5. Intersection Clustering & Refinement (Finding Grid Coordinates)
-
Cluster Refinement Method:- What it does: Algorithm (Median or RANSAC) to find the precise grid line position from scattered intersection points.
- Effect: Median is robust to outliers. RANSAC attempts line fitting, potentially better for noise/curves but experimental.
- Why adjust: Try RANSAC if Median struggles with alignment on noisy/wavy grids.
-
Cluster Threshold Factor:- What it does: Controls how close points must be (relative to typical spacing) to be grouped into one line cluster.
- Effect: Lower = requires tight grouping. Higher = allows looser grouping (better for waves, risk of merging distinct lines).
- Why adjust: Increase if wavy lines are split; decrease if close lines are merged.
6. Cell Definition & Filtering (Drawing and Cleaning Cells)
-
Merged Cell Factor:- What it does: Threshold for flagging gaps between lines as "merged" (relative to median gap size).
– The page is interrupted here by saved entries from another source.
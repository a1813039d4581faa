//! What stands in a line: ids, numbers, names, base64.

ghost use Rattle.std.specs.Prelude.{◌≡◌, ◌==◌, take, drop, IfOk};
ghost use Rattle.std.specs.Option.{option_copied};
ghost use Rattle.std.specs.Str.{bytes_eq};
ghost use Rattle.rsl_chain.specs.Lines;

use base64::DecodeAllocError;
use base64::engine::general_purpose::STANDARD;
use git_object::{KeyId, LOG_NAME, ObjectId, RefFault, RefName};
use octets::{Memory, Octets};
use std::alloc::Global;
use text_reader::{NumberFault, read_decimal_within, strip_front};

/// Who signed, and the signature.
#[derive(Drop)]
pub struct SignatureLine {
    pub signer: KeyId,
    pub signature: Octets,
}

/// Whether two texts are the same.
pub(crate) fn is_line(line: &[u8], wanted: &[u8]) -> bool
    ensures { result ≡ bytes_eq line.now wanted.now }
{
    line == wanted
}

// What follows the word that stands in front of the line.
fn strip<'a>(line: &'a [u8], word: &[u8]) -> Option<&'a [u8]>
    ensures { option_copied result ≡ Lines.strip word.now line.now }
{
    strip_front(line, word)
}

/// Whether the word stands in front of the line.
pub(crate) fn begins(line: &[u8], word: &[u8]) -> bool
    ensures { result ≡ Lines.begins word.now line.now }
{
    strip(line, word).is_some()
}

// The id of exactly 64 digits.
fn id_text(text: &[u8]) -> Option<ObjectId>
    ensures { result ≡ Lines.id_text text.now }
{
    ObjectId::from_hex(text)
}

/// The id after the word.
pub(crate) fn id_after(line: &[u8], word: &[u8]) -> Option<ObjectId>
    ensures { result ≡ Lines.id_after word.now line.now }
{
    match strip(line, word) {
        Some(text) => id_text(text),
        None => None,
    }
}

fn number_text(text: &[u8]) -> Option<u64>
    ensures { result ≡ Lines.number_text text.now }
{
    match read_decimal_within(text, 1000000) {
        Ok(number) => Some(number),
        Err(NumberFault::NotNumber) => None,
        Err(NumberFault::TooLarge) => None,
    }
}

/// The number after `number: `, up to 1,000,000.
pub(crate) fn number_after(line: &[u8]) -> Option<u64>
    ensures { result ≡ Lines.number_after line.now }
{
    match strip(line, b"number: ") {
        Some(text) => number_text(text),
        None => None,
    }
}

// The name, which is not the log's own.
fn name_text(alloc: Global, text: &[u8]) -> Result<Option<RefName>, Memory>
    ensures { IfOk result (λ name. name ≡ Lines.name_text text.now) }
{
    if is_line(text, LOG_NAME) {
        return Ok(None);
    }
    match RefName::read(alloc, text) {
        Ok(name) => Ok(Some(name)),
        Err(RefFault::BadRef) => Ok(None),
        Err(RefFault::Memory) => Err(Memory),
    }
}

/// The reference name after `ref: `.
pub(crate) fn name_after(alloc: Global, line: &[u8]) -> Result<Option<RefName>, Memory>
    ensures { IfOk result (λ name. name ≡ Lines.name_after line.now) }
{
    match strip(line, b"ref: ") {
        Some(text) => name_text(alloc, text),
        None => Ok(None),
    }
}

// The bytes of a base64 text.
fn decode(alloc: Global, text: &[u8]) -> Result<Option<Octets>, Memory>
    ensures { IfOk result (λ bytes. bytes ≡ Lines.decoded text.now) }
{
    match STANDARD.decode(alloc, text) {
        Ok(bytes) => Ok(Some(Octets::from_vec(bytes))),
        Err(DecodeAllocError::OutOfMemory) => Err(Memory),
        Err(DecodeAllocError::DecodeError(_)) => Ok(None),
    }
}

fn signature_text(alloc: Global, text: &[u8]) -> Result<Option<Octets>, Memory>
    ensures { IfOk result (λ bytes. bytes ≡ Lines.signature_text text.now) }
{
    if text.is_empty() {
        return Ok(None);
    }
    decode(alloc, text)
}

fn key_text(text: &[u8]) -> Option<KeyId>
    ensures { result ≡ Lines.id_text text.now }
{
    KeyId::from_hex(text)
}

// The first 64 bytes, or all where there are fewer, and the rest.
fn split_digits(text: &[u8]) -> (&[u8], &[u8])
    ensures front { result.0.now ≡ take 64 text.now }
    ensures back { result.1.now ≡ drop 64 text.now }
{
    text.split_at(text.len().min(64))
}

// A key's id, a space, a signature.
fn signed_text(alloc: Global, text: &[u8]) -> Result<Option<SignatureLine>, Memory>
    ensures { IfOk result (λ found. found ≡ Lines.signed_text text.now) }
{
    let (digits, rest) = split_digits(text);
    let Some(signer) = key_text(digits) else {
        return Ok(None);
    };
    let Some(base64) = strip(rest, b" ") else {
        return Ok(None);
    };
    let Some(signature) = signature_text(alloc, base64)? else {
        return Ok(None);
    };
    Ok(Some(SignatureLine { signer, signature }))
}

/// The signer and the signature after `lmssig `.
pub(crate) fn signature_after(alloc: Global, line: &[u8]) -> Result<Option<SignatureLine>, Memory>
    ensures { IfOk result (λ found. found ≡ Lines.signature_after line.now) }
{
    match strip(line, b"lmssig ") {
        Some(text) => signed_text(alloc, text),
        None => Ok(None),
    }
}

/// The bytes of one line of a message.
pub(crate) fn piece_text(alloc: Global, line: &[u8]) -> Result<Option<Octets>, Memory>
    ensures { IfOk result (λ bytes. bytes ≡ Lines.piece_text line.now) }
{
    if line.is_empty() || line.len() > 64 {
        return Ok(None);
    }
    decode(alloc, line)
}

/// Whether another line of a message may follow.
pub(crate) fn is_full(line: &[u8]) -> bool
    ensures { result ≡ Lines.is_full line.now }
{
    if line.len() != 64 {
        return false;
    }
    line[63] != b'='
}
- Effect: Lower = flags smaller deviations as merged. Higher = requires a very large gap.
- Why adjust: Tune based on visual inspection of merged cells in your documents and the orange highlighting.
-
Min/Max Cell Aspect Ratio (W/H):- What it does: Allowed range for cell width/height ratio.
- Effect: Discards cells outside this shape range.
- Why adjust: Widen range if valid but unusually shaped cells are discarded; narrow if artifacts are kept.
Current Status & Limitations
- The pipeline provides a robust baseline for grid extraction on challenging documents.
- Performance heavily depends on parameter tuning; optimal values may vary between different document types or scan qualities.
- The RANSAC refinement method is marked as experimental.
- Handling extremely severe, non-linear warping might require more advanced unwarping techniques beyond simple deskewing.